INTEC   05402
INSTITUTO DE DESARROLLO TECNOLOGICO PARA LA INDUSTRIA QUIMICA
Unidad Ejecutora - UE
artículos
Título:
A Cluster-based Optimization Approach for the multi-depot Vehicle Routing Problem with Time Windows
Autor/es:
RODOLFO DONDO,; JAIME CERDÁ,
Revista:
EUROPEAN JOURNAL OF OPERATIONAL RESEARCH
Editorial:
Elsevier
Referencias:
Año: 2006 vol. 176 p. 1478 - 1507
ISSN:
0377-2217
Resumen:
Summary: This paper presents a novel three-phase heuristic/algorithmic approach for the multi-depot routing problem with time windows and heterogeneous vehicles. It has been derived from embedding a heuristic-based clustering algorithm within a VRPTW optimization framework. To this purpose, a rigorous MILP mathematical model for the VRPTW problem is first introduced. Likewise other optimization approaches, the new formulation can efficiently solve case studies involving at most 25 nodes to optimality. To overcome this limitation, a preprocessing stage clustering nodes together is initially performed to yield a more compact cluster-based MILP problem formulation. In this way, a hierarchical hybrid procedure involving one heuristic and two algorithmic phases was developed.

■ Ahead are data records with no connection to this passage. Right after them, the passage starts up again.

//! Classes: their members stand on lines of their own.

ghost use Rattle.std.specs.Prelude.{◌≡◌, ◌++◌, OnOk, string_bytes, map};
ghost use Rattle.tb_layout.specs.Erase as erasing;
ghost use Rattle.tb_layout.specs.Js as layout;
ghost use Rattle.tb_layout.specs.Pieces.{text_of};
ghost use Rattle.tb_layout.proofs.Written as written;

use crate::texts::{deeper, put, write_new_line};
use crate::trees::{write_block, write_expr, write_params};
use tb_text::NoMemory;
use tb_tree::{ClassDeclaration, ClassMember, Expr};

/// A class with its members; the closing brace of an empty one stands on a line of its own too.
#[tactic(auto, using(crate::proofs::Joins::assoc, crate::proofs::Lines::class_text))]
pub(crate) fn write_class(out: &mut String, class: &ClassDeclaration) -> Result<(), NoMemory>
    ensures { OnOk result (string_bytes out.new
        ≡ string_bytes out.old ++ text_of (layout.class_pieces (erasing.erased_class class.now))) }
{
    put(out, "class ")?;
    put(out, class.name.as_str())?;
    put(out, " {")?;
    write_members(out, class.members.as_slice(), 0)?;
    put(out, "\n}")?;
    Ok(())
}

/// Members on lines that are one deeper than `n`.
#[tactic(auto, using(crate::proofs::Joins::assoc, crate::proofs::Joins::lines_step))]
fn write_members(out: &mut String, all: &[ClassMember], n: usize) -> Result<(), NoMemory>
    ensures { OnOk result (string_bytes out.new
        ≡ string_bytes out.old ++ text_of (layout.lines n (map written.js_member all.now))) }
{
    let at = deeper(n)?;
    for member in all {
        write_new_line(out, at)?;
        write_member(out, member, at)?;
    }
    Ok(())
}

fn static_text(is_static: bool) -> &'static str
    ensures { result.now ≡ text_of (layout.static_pieces is_static) }
{
    if is_static { "static " } else { "" }
}

/// ` = ` and a value, or nothing.
#[tactic(auto, using(crate::proofs::Joins::assoc, crate::proofs::Bodies::value_some))]
fn write_value(out: &mut String, of: &Option<Expr>, n: usize) -> Result<(), NoMemory>
    ensures { OnOk result (string_bytes out.new
        ≡ string_bytes out.old ++ text_of (layout.value_pieces n (written.js_optional of.now))) }
{
    match of {
        Some(value) => {
            put(out, " = ")?;
            write_expr(out, value, n)?;
            Ok(())
        }
        None => Ok(()),
    }
}

#[tactic(auto, using(crate::proofs::Joins::assoc, crate::proofs::Forms::field_member_text, crate::proofs::Forms::constructor_member_text, crate::proofs::Forms::method_member_text))]
fn write_member(out: &mut String, of: &ClassMember, n: usize) -> Result<(), NoMemory>
    ensures { OnOk result (string_bytes out.new ≡ string_bytes out.old ++ text_of (written.js_member of.now n)) }
{
    match of {
        ClassMember::Field {
            is_static,
            name,
            value,
            ..
        } => {
            put(out, static_text(*is_static))?;
            put(out, name.as_str())?;
            write_value(out, value, n)?;
            put(out, ";")?;
            Ok(())
        }
        ClassMember::Constructor { params, body, .. } => {
            put(out, "constructor(")?;
            write_params(out, params.as_slice(), n)?;
            put(out, ") ")?;
            write_block(out, body, n)?;
            Ok(())
        }
        ClassMember::Method {
            is_static,
            name,
            params,
            body,
            ..
        } => {
            put(out, static_text(*is_static))?;
            put(out, name.as_str())?;
            put(out, "(")?;
            write_params(out, params.as_slice(), n)?;
            put(out, ") ")?;
            write_block(out, body, n)?;
            Ok(())
        }
    }
}
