/// A statement that begins on a line `n` deep.
#[cycle(writing)]
#[tactic(auto, using(crate::proofs::Joins::assoc, crate::proofs::Forms::block_stmt_lines_text, crate::proofs::Forms::if_stmt_lines_text, crate::proofs::Forms::while_stmt_lines_text, crate::proofs::Forms::do_stmt_lines_text, crate::proofs::Forms::for_stmt_lines_text, crate::proofs::Forms::for_of_stmt_lines_text, crate::proofs::Forms::return_stmt_lines_text, crate::proofs::Forms::break_stmt_lines_text, crate::proofs::Forms::continue_stmt_lines_text, crate::proofs::Forms::throw_stmt_lines_text, crate::proofs::Forms::switch_stmt_lines_text, crate::proofs::Forms::expr_stmt_lines_text, crate::proofs::Forms::empty_stmt_lines_text))]
pub(crate) fn write_stmt(out: &mut String, of: &Stmt, n: usize) -> Result<(), NoMemory>
    ensures { OnOk result (string_bytes out.new ≡ string_bytes out.old ++ text_of (written.js_lines of.now n)) }
{
    match of {
        Stmt::Block(block) => write_block(out, block.get(), n),
        Stmt::If {
            condition,
            then,
            otherwise,
            ..
        } => {
            put(out, "if (")?;
            write_expr(out, condition.get(), n)?;
            put(out, ")")?;
            let at = begin_body(out, then.get(), n)?;
            write_stmt(out, then.get(), at)?;
            write_else(out, otherwise, n)?;
            Ok(())
        }
        Stmt::While {
            condition,
            body,
            ..
        } => {
            put(out, "while (")?;
            write_expr(out, condition.get(), n)?;
            put(out, ")")?;
            let at = begin_body(out, body.get(), n)?;
            write_stmt(out, body.get(), at)?;
            Ok(())
        }
        Stmt::Do {
            body,
            condition,
            ..
        } => {
            put(out, "do")?;
            let at = begin_body(out, body.get(), n)?;
            write_stmt(out, body.get(), at)?;
            write_line(out, n, "while (")?;
            write_expr(out, condition.get(), n)?;
            put(out, ");")?;
            Ok(())
        }
        Stmt::For {
            start,
            condition,
            update,
            body,
            ..
        } => {
            put(out, "for (")?;
            write_start(out, start, n)?;
            write_part(out, condition, n)?;
            put(out, ";")?;
            write_part(out, update, n)?;
            put(out, ")")?;
            let at = begin_body(out, body.get(), n)?;
            write_stmt(out, body.get(), at)?;
            Ok(())
        }
        Stmt::ForOf {
            kind,
            element,
            subject,
            body,
            ..
        } => {
            put(out, "for (")?;
            put(out, kind_text(*kind))?;
            put(out, " ")?;
            put(out, element.name.as_str())?;
            put(out, " of ")?;
            write_expr(out, subject.get(), n)?;
            put(out, ")")?;
            let at = begin_body(out, body.get(), n)?;
            write_stmt(out, body.get(), at)?;
            Ok(())
        }
        Stmt::Return { value, .. } => {
            put(out, "return")?;
            write_part(out, value, n)?;
            put(out, ";")?;
            Ok(())
        }
        Stmt::Break { .. } => put(out, "break;"),
        Stmt::Continue { .. } => put(out, "continue;"),
        Stmt::Throw { value, .. } => {
            put(out, "throw ")?;
            write_expr(out, value.get(), n)?;
            put(out, ";")?;
            Ok(())
        }
        Stmt::Switch {
            subject,
            clauses,
            ..
        } => {
            put(out, "switch (")?;
            write_expr(out, subject.get(), n)?;
            put(out, ") {")?;
            write_clauses(out, clauses.as_slice(), n)?;
            write_line(out, n, "}")?;
            Ok(())
        }
        Stmt::Expr { value, .. } => {
            write_expr(out, value.get(), n)?;
            put(out, ";")?;
            Ok(())
        }
        Stmt::Empty { .. } => put(out, ";"),
    }
}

Phase I aims to identifying a set of cost-effective feasible clusters while Phase II assigns clusters to vehicles and sequences them on each tour by using the cluster-based MILP formulation. Ordering nodes within clusters and scheduling vehicle arrival times at customer locations for each tour through solving a small MILP model is finally performed at Phase III.  Numerous benchmark problems featuring different sizes, clustered/random customer locations and time window distributions have been solved at acceptable CPU times.